(Exercise aim)
Using the listing below, retype the line bearing "let to = lattice_point(*p);" and each line after it, word for word, and nothing further.

______

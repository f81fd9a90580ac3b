//! The edges of contours, on the grid.

ghost use Rattle.std.specs.Prelude.{◌≡◌, ◌++◌, List, IfOk, OnOk};
ghost use Rattle.std.specs.List.{flat_map};
ghost use Rattle.mesh_num.specs.FlatContours.{flat_contours};
ghost use Rattle.mesh_plane.specs.Winding.{boundary};

use mesh_lattice::lattice::{LatticeEdge, LatticePoint};
use mesh_num::num::convert::widen;
use mesh_num::num::{IntNumber, IntPoint};
use mesh_num::shape::{FlatContoursBuffer, IntShapeResource};
use std::alloc::{AllocError, Global};

fn coordinate<I: IntNumber>(number: I) -> i32
    ensures { result ≡ I.value number }
{
    widen(number) as i32
}

/// The point on the grid.
pub fn lattice_point<I: IntNumber>(p: IntPoint<I>) -> LatticePoint
    ensures { result ≡ p }
{
    (coordinate(p.x), coordinate(p.y))
}

/// Adds the edges of a contour.
fn push_contour<I: IntNumber>(
    edges: &mut Vec<LatticeEdge>,
    contour: &[IntPoint<I>],
) -> Result<(), AllocError>
    ensures { OnOk result (edges.new.items ≡ edges.old.items ++ boundary contour.now) }
{
    let Some((first, others)) = contour.split_first() else {
        return Ok(());
    };
    let start = lattice_point(*first);
    let mut from = start;
    for p in others {
        let to = lattice_point(*p);
        edges.push((from, to))?;
        from = to;
    }
    edges.push((from, start))?;
    Ok(())
}

/// The edges of contours, in order.
pub fn edges_of<I: IntNumber>(
    alloc: Global,
    contours: &FlatContoursBuffer<I>,
) -> Result<Vec<LatticeEdge>, AllocError>
    ensures { IfOk result (λ v. v.items ≡ flat_map boundary (flat_contours contours.now)) }
{
    let mut edges = Vec::new(alloc);
    for index in 0..contours.path_count() {
        push_contour(&mut edges, contours.path_at(index))?;
    }
    Ok(edges)
}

______

(Result of the task)
        let to = lattice_point(*p);
        edges.push((from, to))?;
        from = to;
    }
    edges.push((from, start))?;
    Ok(())
}

/// The edges of contours, in order.
pub fn edges_of<I: IntNumber>(
    alloc: Global,
    contours: &FlatContoursBuffer<I>,
) -> Result<Vec<LatticeEdge>, AllocError>
    ensures { IfOk result (λ v. v.items ≡ flat_map boundary (flat_contours contours.now)) }
{
    let mut edges = Vec::new(alloc);
    for index in 0..contours.path_count() {
        push_contour(&mut edges, contours.path_at(index))?;
    }
    Ok(edges)
}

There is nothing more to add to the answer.